If you use AutoGAMESS for any published research, please cite it in the following or similar manner:
AutoGAMESS[1] was used for workflow automation.
[1] Ferrari, Brian. "AutoGAMESS: A Python package for automation of GAMESS (US) Raman calculations." Journal of Open Source Software 4.41 (2019): 1612.
This is a python module for automating the generation of input files and parsing of log files with end goal of generating Raman data using the GAMESS(us) Quantum Chemistry software.
This package was developed using GAMESS VERSION = 20 APR 2017 (R1)
, it has also been partially tested for use with GAMESS VERSION = 1 MAY 2013 (R1)
and GAMESS VERSION = 14 FEB 2018 (R1)
.
AutoGAMESS is also able to generate line plots of vibrational frequency vs. IR/Raman intensities. Generated plots will be titled with the molecule name in the file and the theory/basis set used for the calculation. Each symmetry group will be plotted in a different color, from either a default or user specified color list. The spectral line (sum of line broadening) will also be plotted in red with 50% transparency. An example is shown bellow using Lorentzian line broadening method with the default sigma option.

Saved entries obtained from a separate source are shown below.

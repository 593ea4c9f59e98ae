//! The circuits of a netlist with callees first, those that are called from a top, and those with
//! devices in or below them.
ghost use Rattle.std.specs.Prelude.{◌≡◌, ◌<◌, ◌^◌, ℕ, IfOk, length, slice_index_or, false};
ghost use Rattle.std.specs.List.{list_any};
ghost use Rattle.call_order.specs.Order.{IsCallOrder};
ghost use Rattle.net_align.specs.Marks.{AreCallsOfCircuits};
ghost use Rattle.net_align.specs.Walked.{AreReached, AreHolding, holds};
ghost use Rattle.net_model.specs.Faults.{call_lists};
ghost use Rattle.net_model.specs.Rows.{plain_netlist};
ghost use Rattle.plain_netlist.specs.Sound.{IsInCycle};

use crate::marks::mark_called;
use call_order::{CallOrder, call_order};
use net_model::{CallRow, Circuit, Netlist, call_lists};
use std::alloc::{AllocError, Global};

/// The numbers of all circuits, each behind those that it calls. Linear in the calls.
pub fn circuit_order(alloc: Global, netlist: &Netlist) -> Result<Vec<u32>, AllocError>
    requires calls { AreCallsOfCircuits (plain_netlist netlist.now) }
    requires no_cycle { (c : ℕ) → IsInCycle (plain_netlist netlist.now) c → ⊥ }
    requires few { length netlist.now.circuits.items < 2 ^ 32 }
    ensures { IfOk result (λ order.
        IsCallOrder (call_lists (plain_netlist netlist.now)) order.items) }
{
    let calls = call_lists(alloc, &netlist.circuits)?;
    match call_order(alloc, &calls)? {
        CallOrder::CalleesFirst(order) => Ok(order),
        CallOrder::Cycle(_) => Ok(Vec::new(alloc)),
    }
}

/// For each circuit whether it is the top or called from it, at once or through others.
///
/// Linear in the calls.
pub fn reached(
    alloc: Global,
    netlist: &Netlist,
    order: &[u32],
    top: usize,
) -> Result<Vec<bool>, AllocError>
    requires calls { AreCallsOfCircuits (plain_netlist netlist.now) }
    requires order { IsCallOrder (call_lists (plain_netlist netlist.now)) order.now }
    requires top { top < length netlist.now.circuits.items }
    ensures { IfOk result (λ marks. AreReached (plain_netlist netlist.now) top marks.items) }
{
    let mut marks = vec![in alloc; false; netlist.circuits.len()]?;
    marks[top] = true;
    for i in 0..order.len() {
        let circuit = order[order.len() - 1 - i];
        if is_marked(&marks, circuit) {
            mark_called(&netlist.circuits[circuit as usize].calls, &mut marks);
        }
    }
    Ok(marks)
}

/// For each circuit whether a device stands in it or below it. Linear in the calls.
pub fn holding(alloc: Global, netlist: &Netlist, order: &[u32]) -> Result<Vec<bool>, AllocError>
    requires { IsCallOrder (call_lists (plain_netlist netlist.now)) order.now }
    ensures { IfOk result (λ marks. AreHolding (plain_netlist netlist.now) marks.items) }
{
    let mut marks = vec![in alloc; false; netlist.circuits.len()]?;
    for circuit in order {
        let found = holds(&marks, &netlist.circuits[*circuit as usize]);
        marks[*circuit as usize] = found;
    }
    Ok(marks)
}

fn holds(marks: &[bool], circuit: &Circuit) -> bool
    ensures { result ≡ holds marks.now circuit.now }
{
    !circuit.devices.is_empty() || calls_marked(marks, &circuit.calls)
}

fn calls_marked(marks: &[bool], calls: &[CallRow]) -> bool
    ensures { result ≡ list_any (λ r. slice_index_or marks.now r.circuit false) calls.now }
{
    calls.iter().any(|call| is_marked(marks, call.circuit))
}

/// Whether there is a mark and it is set.
pub fn is_marked(marks: &[bool], circuit: u32) -> bool
    ensures { result ≡ slice_index_or marks.now circuit false }
{
    match marks.get(circuit as usize) {
        Some(mark) => *mark,
        None => false,
    }
}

IR Line Plot | Raman Line Plot |
---|---|
AutoGAMESS can be installed using
python -m pip install autogamess --user
AutoGAMESS requires all the following Python packages:
AutoGAMESS uses pytest for testing, from within the tests directory execute the following to run tests.
python -m pytest
new_project(maindir,csvfile,initial_coords_dict=None,title='Project_Name/', make_inputs=False)
This function creates a new directory tree for a GAMESS project, also makes
a couple of text files for use with other functions.
Parameters
----------
maindir: string
A directory string (including the final `/`) that points to the
directory that the project tree will be spawned in.
csvfile: string
A directory string (including the final `.csv`) that points to the
text file containing project information. Read module documentation
for csv file format.
initial_coords_dict: dictionary [Optional]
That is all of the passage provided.